A Haunted House Movie Told In One Excruciating Shot
Just the idea of a horror movie made up of one continuous shot gives me the heebie jeebies. This means we, the viewers, are stuck following the protagonists as they get deeper and deeper into the story. There’s little relief at all from the suspense and it feels claustrophobic to not be able to zoom out or just pause for a moment and come up for air.
Silent House (2011) takes place all in one terrible night. The 88 minute movie plays out in real time as a young woman named Sarah, (Elizabeth Olsen), helps her dad (Adam Trese) and her uncle (Eric Sheffer Stevens) revisit their (haunted?) old haunting grounds: a lake house where they used to spend summers but has since fallen into disrepair. Wanting to sell the property, the family works together to clean up the dilapidated building. At night. In the dark. And it doesn’t seem like they’re alone.
Here’s the original trailer:
At the beginning of the movie, Sarah runs into a neighbor who claims the two were childhood friends, but Sarah says she doesn’t remember her. It feels like the beginning of The Strangers (2008) when someone comes to the door to ask for a person who doesn’t live there. That scene was written into the The Strangers script based on a real experience writer/director Bryan Bertino had. I had to watch a few times before I understood why this opening unsettled me so much and how it fits in with the rest of the movie. Maybe you’ll get it the first time around.

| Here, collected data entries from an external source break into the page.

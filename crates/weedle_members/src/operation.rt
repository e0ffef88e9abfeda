//! The constructors and operations of interfaces.

ghost use Rattle.weedle_base.specs.Own.{own};
ghost use Rattle.weedle_base.specs.OwnLaws.{own_lawful};
ghost use Rattle.weedle_members.specs.written.Trees.{constructor_interface_member_tree};
ghost use Rattle.weedle_grammar.specs.written.Table.InterfaceMembers.{CONSTRUCTOR_INTERFACE_MEMBER};

mod written;

use std::alloc::Global;
use weedle_base::term::{Constructor, SemiColon};
use weedle_base::{IResult, Parse};
use weedle_parts::common::{Docstring, Identifier};
use weedle_parts::modifier::{Special, StringifierOrStatic};
use weedle_types::argument::ParenthesizedArgumentList;
use weedle_types::attribute::ExtendedAttributeList;
use weedle_types::parts::attributes;
use weedle_types::types::ReturnType;

/// A constructor, as `constructor(long x);`. A docstring may precede it.
#[derive(Debug, PartialEq, Eq, PartialOrd, Ord, Hash)]
pub struct ConstructorInterfaceMember<'a> {
    /// The docstring in front, where present.
    pub docstring: Option<Docstring>,
    /// The extended attributes in brackets, as `[Exposed=Window]`, where present.
    pub attributes: Option<ExtendedAttributeList<'a>>,
    /// The word `constructor`.
    pub constructor: Constructor,
    /// Its arguments, between parentheses: `body.list` is their list.
    pub args: ParenthesizedArgumentList<'a>,
    /// The `;` at the end.
    pub semi_colon: SemiColon,
}

impl Drop for ConstructorInterfaceMember<'_> {
    fn drop(self) {
        let ConstructorInterfaceMember {
            docstring: _,
            attributes: _,
            constructor: _,
            args: _,
            semi_colon: _,
        } = self;
    }
}

#[tactic(auto, using(crate::proofs::written::OperationRules::constructor_interface_member_steps))]
impl<'a> Parse<'a> for ConstructorInterfaceMember<'a> {
    ghost reading = { own CONSTRUCTOR_INTERFACE_MEMBER constructor_interface_member_tree
        (Unit {0}) };

    fn parse(alloc: Global, input: &'a str) -> IResult<&'a str, Self> {
        let (rest, docstring) = Option::parse(alloc, input)?;
        let (rest, attributes) = attributes(alloc, rest)?;
        let (rest, (constructor, (args, semi_colon))) = Parse::parse(alloc, rest)?;
        Ok((
            rest,
            ConstructorInterfaceMember {
                docstring,
                attributes,
                constructor,
                args,
                semi_colon,
            },
        ))
    }

    ghost lawful = { own_lawful CONSTRUCTOR_INTERFACE_MEMBER constructor_interface_member_tree
        (Unit {0}) };
}

/// An operation of an interface, as `getter long item(long index);`. It may lack a name, and a
/// docstring may precede it.
#[derive(Debug, PartialEq, Eq, PartialOrd, Ord, Hash)]
pub struct OperationInterfaceMember<'a> {
    /// The docstring in front, where present.
    pub docstring: Option<Docstring>,
    /// The extended attributes in brackets, as `[Exposed=Window]`, where present.
    pub attributes: Option<ExtendedAttributeList<'a>>,
    /// The word `stringifier` or `static`, where one of them is present.
    pub modifier: Option<StringifierOrStatic>,
    /// The word `getter`, `setter`, `deleter` or `legacycaller`, where one of them is present.
    pub special: Option<Special>,
    /// The type of its result, as `undefined` or `long`.
    pub return_type: ReturnType<'a>,
    /// Its name, where it has one.
    pub identifier: Option<Identifier<'a>>,
    /// Its arguments, between parentheses: `body.list` is their list.
    pub args: ParenthesizedArgumentList<'a>,
    /// The `;` at the end.
    pub semi_colon: SemiColon,
}

impl Drop for OperationInterfaceMember<'_> {
    fn drop(self) {
        let OperationInterfaceMember {
            docstring: _,
            attributes: _,
            modifier: _,
            special: _,
            return_type: _,
            identifier: _,
            args: _,
            semi_colon: _,
        } = self;
    }
}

Silent House got terrible reviews from critics and horror bloggers when it came out. They HATED this movie. Reviewers raged about the film’s ending, which is actually what I found so engrossing. It’s hard to not give anything away but imo the ending doesn’t miss the mark. It hits a bullseye. I wonder if the decade since Silent House premiered at Sundance has changed public perceptions enough that the same ending that left some viewers unhappy might now feel like a welcome twist on a haunted house story.